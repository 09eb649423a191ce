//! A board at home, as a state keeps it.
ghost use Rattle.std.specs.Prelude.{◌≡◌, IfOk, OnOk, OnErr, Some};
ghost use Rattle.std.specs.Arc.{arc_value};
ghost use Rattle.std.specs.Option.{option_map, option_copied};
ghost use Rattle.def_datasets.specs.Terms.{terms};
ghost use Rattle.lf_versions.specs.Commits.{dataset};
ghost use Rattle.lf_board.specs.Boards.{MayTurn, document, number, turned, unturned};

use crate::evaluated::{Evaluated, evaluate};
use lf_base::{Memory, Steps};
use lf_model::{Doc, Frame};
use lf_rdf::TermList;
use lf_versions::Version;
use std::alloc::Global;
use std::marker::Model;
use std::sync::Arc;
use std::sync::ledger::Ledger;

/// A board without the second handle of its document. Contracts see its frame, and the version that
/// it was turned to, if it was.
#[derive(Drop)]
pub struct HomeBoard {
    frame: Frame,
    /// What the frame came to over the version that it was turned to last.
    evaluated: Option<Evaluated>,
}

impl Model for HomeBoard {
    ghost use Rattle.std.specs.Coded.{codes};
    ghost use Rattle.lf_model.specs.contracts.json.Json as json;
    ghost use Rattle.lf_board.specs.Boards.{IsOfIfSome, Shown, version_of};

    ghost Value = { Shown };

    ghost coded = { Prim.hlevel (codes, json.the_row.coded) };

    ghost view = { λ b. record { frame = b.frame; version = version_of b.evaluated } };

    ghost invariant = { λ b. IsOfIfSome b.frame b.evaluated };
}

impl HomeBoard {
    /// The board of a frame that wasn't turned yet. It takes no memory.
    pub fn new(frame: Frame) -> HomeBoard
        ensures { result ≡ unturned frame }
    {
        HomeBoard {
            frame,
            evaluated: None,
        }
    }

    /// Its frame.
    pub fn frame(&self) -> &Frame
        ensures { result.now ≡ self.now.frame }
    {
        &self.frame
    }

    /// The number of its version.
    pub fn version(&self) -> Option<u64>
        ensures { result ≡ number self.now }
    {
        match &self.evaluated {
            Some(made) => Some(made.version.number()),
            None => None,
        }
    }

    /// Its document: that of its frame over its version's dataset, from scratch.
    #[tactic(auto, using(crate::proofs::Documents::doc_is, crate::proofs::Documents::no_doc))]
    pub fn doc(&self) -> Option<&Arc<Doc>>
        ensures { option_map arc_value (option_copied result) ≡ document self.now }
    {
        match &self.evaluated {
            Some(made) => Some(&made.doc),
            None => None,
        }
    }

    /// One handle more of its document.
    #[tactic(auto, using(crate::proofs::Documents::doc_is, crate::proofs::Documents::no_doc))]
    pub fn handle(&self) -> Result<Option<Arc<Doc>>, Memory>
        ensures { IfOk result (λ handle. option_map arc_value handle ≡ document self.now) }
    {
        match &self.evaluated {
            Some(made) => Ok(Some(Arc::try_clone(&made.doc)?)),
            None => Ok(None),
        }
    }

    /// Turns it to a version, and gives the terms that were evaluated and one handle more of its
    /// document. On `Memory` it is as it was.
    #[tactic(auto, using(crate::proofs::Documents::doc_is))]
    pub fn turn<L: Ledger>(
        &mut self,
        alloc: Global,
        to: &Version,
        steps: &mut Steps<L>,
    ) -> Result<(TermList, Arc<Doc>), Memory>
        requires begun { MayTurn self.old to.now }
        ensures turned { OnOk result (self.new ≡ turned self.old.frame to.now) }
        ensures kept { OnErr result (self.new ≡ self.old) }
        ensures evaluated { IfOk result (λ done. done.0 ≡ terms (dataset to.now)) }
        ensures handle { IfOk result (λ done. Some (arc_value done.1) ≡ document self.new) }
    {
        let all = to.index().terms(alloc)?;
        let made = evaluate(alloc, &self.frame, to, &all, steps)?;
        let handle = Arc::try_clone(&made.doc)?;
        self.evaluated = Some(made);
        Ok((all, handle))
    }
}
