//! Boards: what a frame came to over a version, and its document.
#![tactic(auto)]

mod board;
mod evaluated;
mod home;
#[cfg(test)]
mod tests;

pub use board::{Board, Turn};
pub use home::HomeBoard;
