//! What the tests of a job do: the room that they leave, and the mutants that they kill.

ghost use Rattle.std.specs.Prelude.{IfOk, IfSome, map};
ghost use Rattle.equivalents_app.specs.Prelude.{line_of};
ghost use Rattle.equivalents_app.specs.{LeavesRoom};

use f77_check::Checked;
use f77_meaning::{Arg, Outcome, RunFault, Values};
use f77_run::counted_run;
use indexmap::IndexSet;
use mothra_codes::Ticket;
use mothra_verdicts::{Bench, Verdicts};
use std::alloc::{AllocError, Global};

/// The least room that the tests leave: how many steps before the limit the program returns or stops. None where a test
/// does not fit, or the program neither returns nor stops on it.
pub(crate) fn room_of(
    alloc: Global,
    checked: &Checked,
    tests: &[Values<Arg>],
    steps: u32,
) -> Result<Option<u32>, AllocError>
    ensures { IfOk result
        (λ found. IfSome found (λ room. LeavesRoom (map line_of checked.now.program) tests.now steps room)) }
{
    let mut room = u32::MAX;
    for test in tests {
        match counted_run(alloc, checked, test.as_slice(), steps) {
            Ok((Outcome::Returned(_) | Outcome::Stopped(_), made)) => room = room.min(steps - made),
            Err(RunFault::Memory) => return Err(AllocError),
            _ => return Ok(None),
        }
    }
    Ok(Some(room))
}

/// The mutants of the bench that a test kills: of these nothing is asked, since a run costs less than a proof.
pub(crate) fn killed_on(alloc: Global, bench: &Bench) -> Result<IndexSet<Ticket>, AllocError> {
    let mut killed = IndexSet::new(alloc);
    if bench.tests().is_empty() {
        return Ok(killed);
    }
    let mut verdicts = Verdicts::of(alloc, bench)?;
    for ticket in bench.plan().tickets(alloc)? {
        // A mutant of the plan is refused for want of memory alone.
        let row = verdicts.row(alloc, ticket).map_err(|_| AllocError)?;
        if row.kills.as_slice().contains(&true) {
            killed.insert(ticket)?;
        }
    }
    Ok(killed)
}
════════════════
▶ _Required action_
Copy out, from the listing above, every line that contains the word "AllocError".

▶ _The answer_
use std::alloc::{AllocError, Global};
) -> Result<Option<u32>, AllocError>
            Err(RunFault::Memory) => return Err(AllocError),
pub(crate) fn killed_on(alloc: Global, bench: &Bench) -> Result<IndexSet<Ticket>, AllocError> {
        let row = verdicts.row(alloc, ticket).map_err(|_| AllocError)?;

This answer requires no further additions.